My brain is a history book of the south and integration, and yet most of the archives in my brain I really never saw as they were. I didn’t ride public buses so that was not part of my experience. I expected black waiters when we ate out at Johnny Rebs, Aunt Fanny’s Cabin or Mammy’s Shanty in Atlanta. It was as normal that the patrons were white only as it was to have fried chicken and pecan pie. The young black boys at Aunt Fanny’s Cabin who entertained with buck dancing then walked around the room jingling a jar for tips was a highlight of the evening, right up there with homemade biscuits and cornbread. Yes, I went to the Fox Theatre in Atlanta, but I didn’t particularly notice that the blacks all sat in the upper balcony. Yet I knew it was all wrong though I seldom mentioned it to anyone. I’d heard of marches and integration in the news, but it was always somewhere else. I never participated in any of the marches and often just heard about it along with the other news on TV.

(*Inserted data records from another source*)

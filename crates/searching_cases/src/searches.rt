// Cases of searches: B, the bit order, 1 where the low bit comes first, and the number of lent words; how the recording begins and the feeds, as
// `cases::feeding` reads them; the number of searches, for each the first block and the end of the stretch, k, the lengths of the bin buffer, the order buffer
// and the store, and 0 for the sampler last returned, or 1 and another sampler's eight numbers.
// Answer: the line of `cases::feeding`; for each search, first with the store, then with none, a line with what it answers, the finding's bit order last, one
// with the first 2 ^ k counts, one with the first 2 ^ k entries of the order, and one with how many other entries of the buffers and of the store are no longer
// as lent, and of the store the sum of its counts, each times its place. Where it is refused, all entries are such others, and the sum is 0; so it is of a store
// that does not suffice.
use cases::entries::{changed, print_first, weighed};
use cases::feeding::{dirty, record};
use cases::patterns::print_double;
use cases::printing::{end_line, print_number, print_numbers};
use cases::reading::Reader;
use counting::block::bin_count;
use counting::buffer::filled;
use counting::refusal::{Refusal, refusal_of};
use layers::size::store_needed;
use sampling::sampler::Head;
use searching::finding::{Finding, no_finding};
use searching::search::bottomup;
use std::io;
use std::io::Stdout;

// What the searches are given.
#[derive(Clone, Copy)]
struct Search {
    first: usize,
    end: usize,
    k: usize,
    bins: usize,
    order: usize,
    store: usize,
    sampler: Head,
}

// The number of cases, then the cases.
pub fn replay(stdout: Stdout, reader: &mut Reader) -> io::Result<()> {
    reader.each(|reader| replay_one(stdout, reader))
}

fn replay_one(stdout: Stdout, reader: &mut Reader) -> io::Result<()> {
    let mut words = dirty();
    let block_size = reader.size();
    let low_first = reader.flag();
    let count = reader.at_most(words.len());
    let words = &mut words[..count];
    let recorded = record(stdout, reader, block_size, low_first, words)?;
    reader.each(|reader| {
        let search = read_search(reader, recorded.sampler.head);
        lend(stdout, search, words, search.store)?;
        lend(stdout, search, words, 0)
    })
}

fn read_search(reader: &mut Reader, returned: Head) -> Search {
    Search {
        first: reader.size(),
        end: reader.size(),
        k: reader.size(),
        bins: reader.size(),
        order: reader.size(),
        store: reader.size(),
        sampler: given_sampler(reader, returned),
    }
}

fn given_sampler(reader: &mut Reader, returned: Head) -> Head {
    if reader.number() == 0 {
        return returned;
    }
    Head {
        block_size: reader.size(),
        words: reader.size(),
        blocks: reader.size(),
        low_first: reader.flag(),
        lengths: [reader.size(), reader.size(), reader.size(), reader.size()],
    }
}

// Lends buffers of as many entries as the search says, and a store of so many.
fn lend(stdout: Stdout, search: Search, words: &[u64], entries: usize) -> io::Result<()> {
    // Room for the subsets of up to 3 bits of a block of 64, and entries past them.
    let mut store = filled::<u32, 65536>(99);
    let mut bins = filled::<u32, 1024>(99);
    let mut order = filled::<u32, 1024>(99);
    let store = &mut store[..entries.min(65536)];
    let bins = &mut bins[..search.bins.min(1024)];
    let order = &mut order[..search.order.min(1024)];
    let searched = bottomup(
        search.sampler,
        words,
        search.first,
        search.end,
        search.k,
        store,
        bins,
        order,
    );
    print_answer(stdout, searched, search.k, bins, order)?;
    let kept = kept_entries(
        searched.is_ok(),
        search.sampler.block_size,
        search.k,
        store.len(),
    );
    print_number(stdout, changed(store, kept))?;
    print_number(stdout, weighed(store, kept))?;
    end_line(stdout)
}

// How many counts a search leaves in a store of so many entries: none where it is refused, or the store does not suffice.
// Kept: the replay's cases have the answer to that as a flag; one function for both would only be the `if`, and is no plainer.
fn kept_entries(found: bool, block_size: usize, k: usize, entries: usize) -> usize {
    let needed = store_needed(block_size, k);
    if !found || needed > entries {
        return 0;
    }
    needed
}

fn print_answer(
    stdout: Stdout,
    searched: Result<Finding, Refusal>,
    k: usize,
    bins: &[u32],
    order: &[u32],
) -> io::Result<()> {
    print_searched(stdout, searched)?;
    let shown = shown_entries(searched.is_ok(), k);
    print_first(stdout, bins, shown)?;
    end_line(stdout)?;
    print_first(stdout, order, shown)?;
    end_line(stdout)?;
    print_number(stdout, changed(bins, shown))?;
    print_number(stdout, changed(order, shown))
}

// Kept: one for all programs would have the crate `cases`, and with it each program, stand on `searching`, which is no plainer.
fn print_searched(stdout: Stdout, searched: Result<Finding, Refusal>) -> io::Result<()> {
    print_number(stdout, refusal_of(&searched))?;
    let finding = searched.unwrap_or(no_finding());
    print_number(stdout, finding.block_size)?;
    print_number(stdout, finding.width)?;
    print_numbers(stdout, &finding.bits)?;
    print_number(stdout, finding.division)?;
    print_double(stdout, finding.z)?;
    print_number(stdout, u8::from(finding.low_first))?;
    end_line(stdout)
}

// How many entries of a buffer a search fills: none where it is refused.
fn shown_entries(found: bool, k: usize) -> usize {
    if !found || k > 20 {
        return 0;
    }
    bin_count(k)
}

My high school was all white except for a few Mexicans. My college at Baylor was all white. The trouble in Little Rock, Selma, and Birmingham was always on a distant front, sort of like the Korean War. I had learned early as a child of a naval officer that the things over there didn’t affect my well being at home. I had quickly learned how to compartmentalize. The soldiers were graduating from boot camp to soon be shipped to Korea, but the marching and music was inspiring and patriotic. I remember thinking as a little girl that I’d even like to go to war myself. Usually though my fantasy was only to entertain the soldiers, like Bob Hope or the moviestars.